* [Instructions to follow]
Scan the records below, and wherever a line has the word "into", pull it out.

* [Data shown]
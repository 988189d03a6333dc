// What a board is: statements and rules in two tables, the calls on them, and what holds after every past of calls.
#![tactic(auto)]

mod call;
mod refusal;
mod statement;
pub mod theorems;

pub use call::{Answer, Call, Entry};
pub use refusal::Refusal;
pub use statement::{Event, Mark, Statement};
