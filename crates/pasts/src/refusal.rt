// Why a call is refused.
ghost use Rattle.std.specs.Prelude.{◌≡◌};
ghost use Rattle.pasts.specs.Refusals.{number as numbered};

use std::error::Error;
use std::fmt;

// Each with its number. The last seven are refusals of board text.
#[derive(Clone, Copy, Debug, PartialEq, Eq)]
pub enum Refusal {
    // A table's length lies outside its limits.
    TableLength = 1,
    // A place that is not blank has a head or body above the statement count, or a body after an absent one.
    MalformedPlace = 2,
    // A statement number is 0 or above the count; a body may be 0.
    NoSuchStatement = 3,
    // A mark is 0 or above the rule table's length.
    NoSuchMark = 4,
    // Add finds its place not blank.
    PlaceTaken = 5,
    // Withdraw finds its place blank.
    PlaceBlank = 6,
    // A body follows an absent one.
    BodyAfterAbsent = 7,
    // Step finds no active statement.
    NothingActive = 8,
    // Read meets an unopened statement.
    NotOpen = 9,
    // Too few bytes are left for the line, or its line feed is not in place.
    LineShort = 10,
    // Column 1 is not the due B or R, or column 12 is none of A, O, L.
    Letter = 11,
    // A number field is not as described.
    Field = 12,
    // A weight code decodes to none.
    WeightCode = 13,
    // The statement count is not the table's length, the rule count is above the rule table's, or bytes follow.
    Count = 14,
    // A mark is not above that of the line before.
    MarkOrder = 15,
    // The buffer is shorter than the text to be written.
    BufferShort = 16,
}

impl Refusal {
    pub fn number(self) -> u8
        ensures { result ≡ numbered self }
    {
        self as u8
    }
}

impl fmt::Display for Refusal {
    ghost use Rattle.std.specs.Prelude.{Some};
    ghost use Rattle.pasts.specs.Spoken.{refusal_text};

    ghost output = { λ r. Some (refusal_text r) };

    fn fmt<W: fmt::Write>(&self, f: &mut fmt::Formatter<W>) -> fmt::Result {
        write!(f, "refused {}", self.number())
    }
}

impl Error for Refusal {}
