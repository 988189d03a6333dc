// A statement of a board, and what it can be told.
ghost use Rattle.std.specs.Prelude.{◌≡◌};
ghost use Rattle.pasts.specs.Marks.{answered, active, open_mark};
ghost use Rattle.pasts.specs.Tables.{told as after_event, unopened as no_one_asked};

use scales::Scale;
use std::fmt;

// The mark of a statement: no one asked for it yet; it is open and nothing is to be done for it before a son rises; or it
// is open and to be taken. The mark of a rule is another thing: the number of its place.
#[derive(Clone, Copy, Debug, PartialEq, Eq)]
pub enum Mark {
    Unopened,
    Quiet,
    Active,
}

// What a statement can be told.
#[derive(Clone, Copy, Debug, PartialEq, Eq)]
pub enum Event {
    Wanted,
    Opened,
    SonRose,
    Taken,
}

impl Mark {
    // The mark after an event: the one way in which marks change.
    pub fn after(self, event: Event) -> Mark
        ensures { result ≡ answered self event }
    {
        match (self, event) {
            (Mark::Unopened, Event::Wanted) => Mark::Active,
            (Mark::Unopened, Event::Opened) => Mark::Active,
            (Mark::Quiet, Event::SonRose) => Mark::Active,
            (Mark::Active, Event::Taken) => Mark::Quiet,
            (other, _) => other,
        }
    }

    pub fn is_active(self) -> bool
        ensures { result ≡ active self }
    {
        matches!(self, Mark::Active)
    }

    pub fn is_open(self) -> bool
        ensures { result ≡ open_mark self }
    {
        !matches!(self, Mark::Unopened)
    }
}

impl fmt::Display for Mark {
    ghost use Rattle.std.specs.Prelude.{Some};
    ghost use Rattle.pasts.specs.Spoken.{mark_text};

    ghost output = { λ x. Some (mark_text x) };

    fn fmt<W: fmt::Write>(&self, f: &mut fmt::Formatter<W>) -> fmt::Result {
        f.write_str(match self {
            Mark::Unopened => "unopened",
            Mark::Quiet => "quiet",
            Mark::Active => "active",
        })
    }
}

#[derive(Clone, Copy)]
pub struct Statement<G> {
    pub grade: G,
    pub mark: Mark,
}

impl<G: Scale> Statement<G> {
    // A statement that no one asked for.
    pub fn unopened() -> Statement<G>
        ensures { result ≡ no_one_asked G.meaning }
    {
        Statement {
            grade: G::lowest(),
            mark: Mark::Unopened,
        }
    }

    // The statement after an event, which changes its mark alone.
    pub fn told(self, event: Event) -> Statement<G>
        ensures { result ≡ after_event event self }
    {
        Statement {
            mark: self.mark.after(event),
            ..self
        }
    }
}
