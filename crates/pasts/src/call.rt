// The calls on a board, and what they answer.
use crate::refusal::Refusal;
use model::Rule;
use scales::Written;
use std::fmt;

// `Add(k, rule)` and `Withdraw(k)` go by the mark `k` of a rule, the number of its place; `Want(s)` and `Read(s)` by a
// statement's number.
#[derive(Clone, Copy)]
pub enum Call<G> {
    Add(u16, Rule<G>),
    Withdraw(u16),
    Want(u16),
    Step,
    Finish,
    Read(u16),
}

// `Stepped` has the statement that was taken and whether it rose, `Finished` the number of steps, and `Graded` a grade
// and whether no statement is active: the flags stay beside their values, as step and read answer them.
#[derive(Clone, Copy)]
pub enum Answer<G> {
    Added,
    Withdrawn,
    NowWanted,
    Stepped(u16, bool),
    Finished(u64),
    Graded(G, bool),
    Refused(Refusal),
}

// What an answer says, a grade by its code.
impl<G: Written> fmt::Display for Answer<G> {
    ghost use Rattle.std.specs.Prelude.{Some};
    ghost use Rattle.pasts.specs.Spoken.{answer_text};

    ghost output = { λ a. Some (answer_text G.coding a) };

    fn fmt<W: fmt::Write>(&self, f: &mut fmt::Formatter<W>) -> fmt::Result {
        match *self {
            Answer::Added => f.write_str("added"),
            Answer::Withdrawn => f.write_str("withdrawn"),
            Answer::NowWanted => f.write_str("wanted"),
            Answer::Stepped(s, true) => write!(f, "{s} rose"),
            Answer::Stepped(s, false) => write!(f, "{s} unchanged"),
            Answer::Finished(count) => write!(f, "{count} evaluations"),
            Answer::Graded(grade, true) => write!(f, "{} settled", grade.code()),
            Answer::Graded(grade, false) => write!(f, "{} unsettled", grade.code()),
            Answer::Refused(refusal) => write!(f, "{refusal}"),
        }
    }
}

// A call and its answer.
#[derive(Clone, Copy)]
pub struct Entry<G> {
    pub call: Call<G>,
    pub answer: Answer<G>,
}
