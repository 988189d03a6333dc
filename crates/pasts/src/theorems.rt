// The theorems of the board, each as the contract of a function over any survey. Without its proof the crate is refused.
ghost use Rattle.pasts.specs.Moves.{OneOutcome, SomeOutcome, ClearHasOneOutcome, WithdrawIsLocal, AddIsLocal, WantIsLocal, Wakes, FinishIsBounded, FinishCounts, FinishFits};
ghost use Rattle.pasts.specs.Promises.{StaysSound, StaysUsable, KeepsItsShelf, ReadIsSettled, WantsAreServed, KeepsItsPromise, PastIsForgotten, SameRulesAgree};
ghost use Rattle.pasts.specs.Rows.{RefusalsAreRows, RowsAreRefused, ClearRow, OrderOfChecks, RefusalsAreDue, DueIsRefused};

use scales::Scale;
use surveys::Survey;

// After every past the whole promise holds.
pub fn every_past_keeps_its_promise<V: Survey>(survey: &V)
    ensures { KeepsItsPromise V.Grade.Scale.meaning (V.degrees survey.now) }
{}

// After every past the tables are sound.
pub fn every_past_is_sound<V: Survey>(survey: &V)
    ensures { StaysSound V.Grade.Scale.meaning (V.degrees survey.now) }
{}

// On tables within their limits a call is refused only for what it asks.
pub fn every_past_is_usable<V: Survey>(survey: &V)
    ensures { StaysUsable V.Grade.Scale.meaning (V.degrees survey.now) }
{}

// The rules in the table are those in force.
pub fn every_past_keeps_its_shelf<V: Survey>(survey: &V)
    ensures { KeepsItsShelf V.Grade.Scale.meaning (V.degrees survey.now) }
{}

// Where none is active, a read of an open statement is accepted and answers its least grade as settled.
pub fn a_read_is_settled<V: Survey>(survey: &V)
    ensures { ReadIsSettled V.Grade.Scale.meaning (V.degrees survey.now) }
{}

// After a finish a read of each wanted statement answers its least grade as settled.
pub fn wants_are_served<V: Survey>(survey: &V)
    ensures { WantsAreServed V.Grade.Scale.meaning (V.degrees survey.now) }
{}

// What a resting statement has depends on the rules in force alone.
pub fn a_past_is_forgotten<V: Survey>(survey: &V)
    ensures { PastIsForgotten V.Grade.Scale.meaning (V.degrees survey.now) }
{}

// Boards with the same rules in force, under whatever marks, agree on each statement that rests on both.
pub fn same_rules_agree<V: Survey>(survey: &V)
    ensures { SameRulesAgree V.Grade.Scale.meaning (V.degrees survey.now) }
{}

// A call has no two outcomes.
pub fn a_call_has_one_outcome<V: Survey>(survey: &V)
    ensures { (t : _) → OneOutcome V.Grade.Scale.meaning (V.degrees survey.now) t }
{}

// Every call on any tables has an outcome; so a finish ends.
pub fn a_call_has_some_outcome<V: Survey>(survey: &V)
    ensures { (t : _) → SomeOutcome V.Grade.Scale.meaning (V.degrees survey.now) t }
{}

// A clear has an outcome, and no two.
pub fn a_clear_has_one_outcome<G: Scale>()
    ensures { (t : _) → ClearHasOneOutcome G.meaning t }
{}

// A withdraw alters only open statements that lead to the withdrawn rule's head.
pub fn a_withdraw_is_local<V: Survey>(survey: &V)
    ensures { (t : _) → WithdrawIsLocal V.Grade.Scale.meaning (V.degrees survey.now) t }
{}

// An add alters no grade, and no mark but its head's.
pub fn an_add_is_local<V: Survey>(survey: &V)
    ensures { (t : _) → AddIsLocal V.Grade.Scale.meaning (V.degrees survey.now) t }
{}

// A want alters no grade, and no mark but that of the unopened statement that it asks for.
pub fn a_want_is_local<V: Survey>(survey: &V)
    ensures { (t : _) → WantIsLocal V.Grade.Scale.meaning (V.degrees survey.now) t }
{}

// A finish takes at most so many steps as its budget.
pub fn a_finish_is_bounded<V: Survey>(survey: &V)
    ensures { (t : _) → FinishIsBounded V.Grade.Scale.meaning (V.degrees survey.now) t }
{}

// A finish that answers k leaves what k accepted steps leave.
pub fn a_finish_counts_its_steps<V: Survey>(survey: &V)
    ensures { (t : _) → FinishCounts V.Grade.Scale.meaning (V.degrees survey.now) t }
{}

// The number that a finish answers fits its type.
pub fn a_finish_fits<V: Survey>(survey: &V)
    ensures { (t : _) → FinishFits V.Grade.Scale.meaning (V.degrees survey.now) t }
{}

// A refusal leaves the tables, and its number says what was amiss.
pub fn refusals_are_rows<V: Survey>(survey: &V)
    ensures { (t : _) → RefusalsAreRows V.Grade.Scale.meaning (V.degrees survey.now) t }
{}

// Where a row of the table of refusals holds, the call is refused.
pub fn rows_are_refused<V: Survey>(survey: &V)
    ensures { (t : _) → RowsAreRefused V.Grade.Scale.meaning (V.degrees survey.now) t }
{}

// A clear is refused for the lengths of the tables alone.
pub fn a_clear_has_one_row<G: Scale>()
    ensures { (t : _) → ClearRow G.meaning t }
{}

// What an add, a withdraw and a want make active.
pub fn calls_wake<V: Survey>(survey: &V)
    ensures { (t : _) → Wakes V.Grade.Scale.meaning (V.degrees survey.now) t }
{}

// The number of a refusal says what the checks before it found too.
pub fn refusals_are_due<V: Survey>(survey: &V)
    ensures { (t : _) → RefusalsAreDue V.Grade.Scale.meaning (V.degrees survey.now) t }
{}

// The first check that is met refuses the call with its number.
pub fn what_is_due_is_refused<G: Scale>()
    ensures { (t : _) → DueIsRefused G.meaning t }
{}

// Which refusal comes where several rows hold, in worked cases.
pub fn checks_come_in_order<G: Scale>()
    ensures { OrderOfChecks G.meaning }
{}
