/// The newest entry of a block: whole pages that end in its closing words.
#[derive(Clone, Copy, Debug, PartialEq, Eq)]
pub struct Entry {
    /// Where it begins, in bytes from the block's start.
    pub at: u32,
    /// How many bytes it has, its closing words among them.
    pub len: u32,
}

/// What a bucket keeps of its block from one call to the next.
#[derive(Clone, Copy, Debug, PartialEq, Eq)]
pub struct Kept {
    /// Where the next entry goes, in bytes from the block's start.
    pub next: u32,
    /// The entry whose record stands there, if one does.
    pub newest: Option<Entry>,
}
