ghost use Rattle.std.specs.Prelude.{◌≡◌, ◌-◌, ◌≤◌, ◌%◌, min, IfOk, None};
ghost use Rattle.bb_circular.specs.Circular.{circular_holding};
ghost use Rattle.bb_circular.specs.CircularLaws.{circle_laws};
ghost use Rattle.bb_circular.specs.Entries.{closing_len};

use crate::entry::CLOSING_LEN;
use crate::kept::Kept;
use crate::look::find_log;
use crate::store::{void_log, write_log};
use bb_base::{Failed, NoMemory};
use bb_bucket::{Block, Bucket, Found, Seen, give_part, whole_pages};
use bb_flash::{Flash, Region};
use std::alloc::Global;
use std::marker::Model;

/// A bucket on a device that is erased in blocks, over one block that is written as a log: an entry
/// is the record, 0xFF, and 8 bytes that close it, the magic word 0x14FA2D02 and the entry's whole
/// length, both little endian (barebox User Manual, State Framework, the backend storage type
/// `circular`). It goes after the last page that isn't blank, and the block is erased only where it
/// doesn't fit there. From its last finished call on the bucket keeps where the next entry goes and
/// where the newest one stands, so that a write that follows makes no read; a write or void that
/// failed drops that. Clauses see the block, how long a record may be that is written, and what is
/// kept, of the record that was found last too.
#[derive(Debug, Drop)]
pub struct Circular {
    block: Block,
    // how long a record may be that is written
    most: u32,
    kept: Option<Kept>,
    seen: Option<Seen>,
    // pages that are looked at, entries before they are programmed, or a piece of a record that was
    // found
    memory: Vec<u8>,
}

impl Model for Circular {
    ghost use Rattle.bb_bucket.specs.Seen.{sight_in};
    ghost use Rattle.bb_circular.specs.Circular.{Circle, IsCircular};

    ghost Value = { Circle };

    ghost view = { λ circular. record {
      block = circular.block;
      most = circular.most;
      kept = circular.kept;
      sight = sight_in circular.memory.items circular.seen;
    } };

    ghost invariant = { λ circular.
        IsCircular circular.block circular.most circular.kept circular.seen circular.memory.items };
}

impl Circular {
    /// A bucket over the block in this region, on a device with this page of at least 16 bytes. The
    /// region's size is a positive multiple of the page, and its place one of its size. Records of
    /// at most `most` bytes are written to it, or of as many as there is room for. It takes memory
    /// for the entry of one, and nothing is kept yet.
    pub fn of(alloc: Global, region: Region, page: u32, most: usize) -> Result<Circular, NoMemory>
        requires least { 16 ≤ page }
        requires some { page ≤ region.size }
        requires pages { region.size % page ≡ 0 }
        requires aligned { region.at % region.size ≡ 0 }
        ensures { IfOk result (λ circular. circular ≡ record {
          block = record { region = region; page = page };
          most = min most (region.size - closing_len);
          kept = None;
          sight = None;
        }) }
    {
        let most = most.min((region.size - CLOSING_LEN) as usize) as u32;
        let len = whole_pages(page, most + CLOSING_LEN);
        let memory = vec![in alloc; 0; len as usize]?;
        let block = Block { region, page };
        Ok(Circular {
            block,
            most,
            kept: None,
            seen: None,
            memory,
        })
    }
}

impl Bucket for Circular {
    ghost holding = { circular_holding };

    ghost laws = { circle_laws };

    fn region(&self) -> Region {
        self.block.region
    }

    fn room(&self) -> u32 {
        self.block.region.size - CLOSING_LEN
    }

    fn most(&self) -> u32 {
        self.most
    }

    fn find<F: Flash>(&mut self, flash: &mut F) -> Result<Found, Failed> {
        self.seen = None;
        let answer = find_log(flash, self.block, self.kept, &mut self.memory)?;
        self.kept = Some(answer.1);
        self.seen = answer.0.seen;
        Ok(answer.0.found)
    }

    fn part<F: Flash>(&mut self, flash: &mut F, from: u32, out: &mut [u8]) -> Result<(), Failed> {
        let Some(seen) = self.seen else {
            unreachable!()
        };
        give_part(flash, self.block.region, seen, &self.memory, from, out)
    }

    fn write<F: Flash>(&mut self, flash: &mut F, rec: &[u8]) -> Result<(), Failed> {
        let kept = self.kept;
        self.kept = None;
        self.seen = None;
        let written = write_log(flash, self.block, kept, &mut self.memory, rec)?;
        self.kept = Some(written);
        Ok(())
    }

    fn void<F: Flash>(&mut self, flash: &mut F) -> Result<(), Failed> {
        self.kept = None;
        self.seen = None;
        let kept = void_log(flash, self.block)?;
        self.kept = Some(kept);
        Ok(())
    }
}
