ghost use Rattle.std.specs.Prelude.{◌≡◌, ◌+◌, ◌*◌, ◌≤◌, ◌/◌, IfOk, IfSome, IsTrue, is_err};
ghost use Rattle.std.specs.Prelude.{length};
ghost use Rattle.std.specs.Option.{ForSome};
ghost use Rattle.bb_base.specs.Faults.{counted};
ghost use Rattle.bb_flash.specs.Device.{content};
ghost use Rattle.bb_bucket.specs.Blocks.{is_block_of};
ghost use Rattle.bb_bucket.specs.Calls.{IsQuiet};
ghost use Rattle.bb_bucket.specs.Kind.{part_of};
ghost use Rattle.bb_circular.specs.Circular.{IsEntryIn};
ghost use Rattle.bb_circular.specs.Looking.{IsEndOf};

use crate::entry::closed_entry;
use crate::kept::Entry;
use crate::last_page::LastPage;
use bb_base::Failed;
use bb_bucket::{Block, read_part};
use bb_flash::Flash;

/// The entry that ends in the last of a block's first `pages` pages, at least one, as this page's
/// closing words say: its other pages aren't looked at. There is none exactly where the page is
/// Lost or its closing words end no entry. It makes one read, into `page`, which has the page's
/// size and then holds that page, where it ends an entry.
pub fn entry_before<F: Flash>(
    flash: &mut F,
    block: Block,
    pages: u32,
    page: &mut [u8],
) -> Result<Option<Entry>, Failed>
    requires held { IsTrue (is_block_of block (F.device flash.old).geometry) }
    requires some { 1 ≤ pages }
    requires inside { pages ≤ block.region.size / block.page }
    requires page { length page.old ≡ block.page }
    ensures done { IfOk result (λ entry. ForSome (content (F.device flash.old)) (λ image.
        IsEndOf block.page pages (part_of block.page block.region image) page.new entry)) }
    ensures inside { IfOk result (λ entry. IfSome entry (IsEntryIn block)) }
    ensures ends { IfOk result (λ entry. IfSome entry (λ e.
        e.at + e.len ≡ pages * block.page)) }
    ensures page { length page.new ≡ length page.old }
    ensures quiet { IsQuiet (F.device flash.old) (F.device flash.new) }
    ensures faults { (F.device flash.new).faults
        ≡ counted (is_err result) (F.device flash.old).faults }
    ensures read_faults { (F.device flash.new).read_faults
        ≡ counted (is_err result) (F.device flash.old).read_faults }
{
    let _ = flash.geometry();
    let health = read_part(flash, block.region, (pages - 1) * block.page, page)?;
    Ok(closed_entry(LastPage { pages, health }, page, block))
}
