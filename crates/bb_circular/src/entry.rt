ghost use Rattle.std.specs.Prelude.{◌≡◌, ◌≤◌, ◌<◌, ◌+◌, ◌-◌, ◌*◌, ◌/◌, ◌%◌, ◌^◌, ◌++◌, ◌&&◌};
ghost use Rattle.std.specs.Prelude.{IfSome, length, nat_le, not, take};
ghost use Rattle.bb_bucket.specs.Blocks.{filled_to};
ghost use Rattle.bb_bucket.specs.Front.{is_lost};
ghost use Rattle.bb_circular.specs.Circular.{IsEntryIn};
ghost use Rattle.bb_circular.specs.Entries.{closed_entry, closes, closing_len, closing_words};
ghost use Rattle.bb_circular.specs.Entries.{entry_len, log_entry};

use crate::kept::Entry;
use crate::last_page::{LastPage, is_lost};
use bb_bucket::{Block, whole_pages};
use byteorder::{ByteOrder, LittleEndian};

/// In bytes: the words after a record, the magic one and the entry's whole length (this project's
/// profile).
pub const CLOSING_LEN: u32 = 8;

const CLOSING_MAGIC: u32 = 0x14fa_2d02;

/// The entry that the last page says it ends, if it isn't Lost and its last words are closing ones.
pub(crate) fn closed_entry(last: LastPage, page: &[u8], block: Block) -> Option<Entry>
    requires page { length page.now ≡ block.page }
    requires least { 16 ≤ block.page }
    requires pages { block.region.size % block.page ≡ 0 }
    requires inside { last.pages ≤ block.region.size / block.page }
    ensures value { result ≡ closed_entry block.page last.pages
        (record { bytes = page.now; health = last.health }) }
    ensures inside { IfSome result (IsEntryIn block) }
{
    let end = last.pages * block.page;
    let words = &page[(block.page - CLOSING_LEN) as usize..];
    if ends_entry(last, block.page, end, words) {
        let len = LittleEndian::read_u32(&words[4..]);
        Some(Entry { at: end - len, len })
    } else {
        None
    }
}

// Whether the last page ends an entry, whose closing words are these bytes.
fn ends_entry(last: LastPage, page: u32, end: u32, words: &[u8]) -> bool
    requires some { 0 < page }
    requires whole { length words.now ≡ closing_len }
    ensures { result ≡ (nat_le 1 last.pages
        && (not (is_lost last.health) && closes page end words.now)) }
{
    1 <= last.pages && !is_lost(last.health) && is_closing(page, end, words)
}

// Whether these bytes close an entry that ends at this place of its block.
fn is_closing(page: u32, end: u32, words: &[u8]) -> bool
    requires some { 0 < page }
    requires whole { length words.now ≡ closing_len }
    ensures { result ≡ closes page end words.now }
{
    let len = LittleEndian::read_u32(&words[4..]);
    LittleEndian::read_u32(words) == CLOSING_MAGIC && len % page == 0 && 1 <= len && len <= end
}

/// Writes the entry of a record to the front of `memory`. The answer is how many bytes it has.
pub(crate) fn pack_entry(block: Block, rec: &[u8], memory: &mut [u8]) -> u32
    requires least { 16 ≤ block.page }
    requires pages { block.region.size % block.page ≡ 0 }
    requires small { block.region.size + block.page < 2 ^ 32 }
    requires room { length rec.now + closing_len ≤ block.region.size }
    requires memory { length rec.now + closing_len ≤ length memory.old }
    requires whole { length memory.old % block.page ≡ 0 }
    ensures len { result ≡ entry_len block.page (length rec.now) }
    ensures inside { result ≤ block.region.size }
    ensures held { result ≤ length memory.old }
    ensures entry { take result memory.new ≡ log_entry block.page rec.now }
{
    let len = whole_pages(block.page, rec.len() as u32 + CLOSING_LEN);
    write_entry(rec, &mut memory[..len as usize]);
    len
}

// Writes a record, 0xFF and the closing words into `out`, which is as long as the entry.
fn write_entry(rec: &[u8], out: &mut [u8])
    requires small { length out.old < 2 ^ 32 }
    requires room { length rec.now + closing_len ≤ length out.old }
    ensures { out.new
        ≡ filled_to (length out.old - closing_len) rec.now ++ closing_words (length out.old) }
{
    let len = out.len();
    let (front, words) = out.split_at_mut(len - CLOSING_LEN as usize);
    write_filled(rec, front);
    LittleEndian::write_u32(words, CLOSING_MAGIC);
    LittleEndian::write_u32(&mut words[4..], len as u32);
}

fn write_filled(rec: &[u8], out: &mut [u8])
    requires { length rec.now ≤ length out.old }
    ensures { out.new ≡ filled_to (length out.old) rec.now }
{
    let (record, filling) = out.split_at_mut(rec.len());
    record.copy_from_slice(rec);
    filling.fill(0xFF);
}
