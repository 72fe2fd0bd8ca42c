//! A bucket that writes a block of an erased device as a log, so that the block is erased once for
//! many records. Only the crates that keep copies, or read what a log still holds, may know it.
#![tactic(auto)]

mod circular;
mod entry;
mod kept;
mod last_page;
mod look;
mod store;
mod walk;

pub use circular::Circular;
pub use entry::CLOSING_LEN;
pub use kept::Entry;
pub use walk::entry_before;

* [Solution]
/// Lost or its closing words end no entry. It makes one read, into `page`, which has the page's
// Writes a record, 0xFF and the closing words into `out`, which is as long as the entry.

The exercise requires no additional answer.